President Cyril Ramaphosa speaking at the President’s Coordinating Council at Birchwood Hotel in Ekurhuleni.
- President Cyril Ramaphosa urged municipalities to translate national gains in easing load shedding and improving logistics into tangible local delivery that businesses and communities can feel.
- He warned that the water crisis is deepening, with interruptions increasing and metros losing significant volumes of water before billing due to ageing infrastructure, poor maintenance and instability.
- Ramaphosa called for reforms at local level, including cutting red tape, appointing officials on merit and strengthening skills to unlock economic growth and attract investment.
President Cyril Ramaphosa says progress made nationally in easing load shedding and improving logistics must now be felt at local level, with municipalities leading delivery. He was addressing mayors, premiers and officials at the President’s Coordinating Council (PCC) in Boksburg on Wednesday.
This was the first time the PCC had met at that level since Ramaphosa announced interventions for the water crisis at the State of the Nation Address in February.
He said: “Municipalities must be at the frontline of delivery, ensuring that industrial parks have power, township streets are lit, [and] businesses can operate with confidence.

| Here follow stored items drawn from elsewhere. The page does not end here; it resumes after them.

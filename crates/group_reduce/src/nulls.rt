//! Sums over texts and bytes, which are null.
ghost use Rattle.std.specs.Prelude.{◌≡◌, [], true, replicate, IfOk};
ghost use Rattle.col_core.specs.declared.leaf.Leaf.TheVariants.{Null};
ghost use Rattle.reduce_model.specs.declared.kind.ReductionKind.TheVariants.{Sum};
ghost use Rattle.reduce_states.specs.States.{start};
ghost use Rattle.group_reduce.specs.Nulls.{are_bytes};

use crate::grouped::{GroupedReduction, Stated};
use col_core::{ColumnBuilder, DataType, IdxSize, LeafRef, Name, Series};
use std::alloc::{AllocError, Global};

/// The sum over texts or bytes: every group is null, whatever enters.
#[derive(Drop)]
pub struct NullGroupedReduction {
    dtype: DataType,
    groups: IdxSize,
    ghost bytes: { are_bytes dtype ≡ true },
}

impl NullGroupedReduction {
    /// No groups yet, of texts or of bytes.
    pub fn new(dtype: DataType) -> Self
        requires { are_bytes dtype ≡ true }
        ensures { (result.groups ≡ 0) × (result.dtype ≡ dtype) }
    {
        NullGroupedReduction { dtype, groups: 0 }
    }
}

impl Stated for NullGroupedReduction {
    ghost shape = { λ r. record { kind = Sum; dtype = r.dtype; fixed = true; groups = r.groups; form = 5 } };

    ghost holds = { λ r xs. xs ≡ replicate r.groups (start Sum r.dtype) };
}

impl GroupedReduction for NullGroupedReduction {
    ghost use Rattle.group_reduce.specs.Nulls.{null_length, null_states};

    ghost long = { λ r xs h. null_length r.groups r.dtype xs h };

    ghost states = { λ r xs h. null_states r.groups r.dtype xs h };

    fn new_empty(&self) -> Self {
        NullGroupedReduction {
            dtype: self.dtype,
            groups: 0,
        }
    }

    fn num_groups(&self) -> IdxSize {
        self.groups
    }

    fn in_dtype(&self) -> DataType {
        self.dtype
    }

    fn is_fixed(&self) -> bool {
        true
    }

    fn reserve(&mut self, _additional: usize) -> Result<(), AllocError> {
        Ok(())
    }

    fn resize(&mut self, num_groups: IdxSize) -> Result<(), AllocError> {
        self.groups = num_groups;
        Ok(())
    }

    fn update_group(
        &mut self,
        _values: &Series,
        _group_idx: IdxSize,
        _seq_id: u64,
    ) -> Result<(), AllocError> {
        Ok(())
    }

    fn update_groups(
        &mut self,
        _values: &Series,
        _group_idxs: &[IdxSize],
        _seq_id: u64,
    ) -> Result<(), AllocError> {
        Ok(())
    }

    fn combine(&mut self, _other: &Self, _group_idxs: &[IdxSize]) -> Result<(), AllocError> {
        Ok(())
    }

    fn gather_combine(
        &mut self,
        _other: &Self,
        _subset: &[IdxSize],
        _group_idxs: &[IdxSize],
    ) -> Result<(), AllocError> {
        Ok(())
    }

    fn partition(
        self,
        alloc: Global,
        partition_sizes: &[IdxSize],
        _partition_idxs: &[IdxSize],
    ) -> Result<Vec<Self>, Self> {
        let mut parts = Vec::new(alloc);
        if parts.reserve(partition_sizes.len()).is_err() {
            return Err(self);
        }
        for n in partition_sizes {
            parts.push_reserved(NullGroupedReduction {
                dtype: self.dtype,
                groups: *n,
            });
        }
        Ok(parts)
    }

    fn finalize(&mut self, alloc: Global) -> Result<Series, AllocError> {
        let column = null_column(alloc, self.dtype, self.groups)?;
        self.groups = 0;
        Ok(column)
    }
}

// A column of nulls.
fn null_column(alloc: Global, dtype: DataType, groups: IdxSize) -> Result<Series, AllocError>
    ensures { IfOk result (λ s. s ≡ record { name = []; dtype = dtype; values = replicate groups Null }) }
{
    let mut column = ColumnBuilder::new(alloc, dtype);
    for _i in 0..groups {
        column.push_ref(LeafRef::Null)?;
    }
    column.finish(alloc, Name::new(alloc, "")?)
}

“We must therefore also focus on cutting the red tape to enable businesses to operate so that our tax base [and] our rate base can also increase.”
He said bureaucratic delays are driving investment away and shutting out the very entrepreneurs that the country needs to grow and crowd into the local economy.
“We must take steps also to focus on another important area of governance, which is to professionalise the public service also at the local level.
“Appointments must be made on merit, not on whether somebody is popular in a political party,” Ramaphosa said.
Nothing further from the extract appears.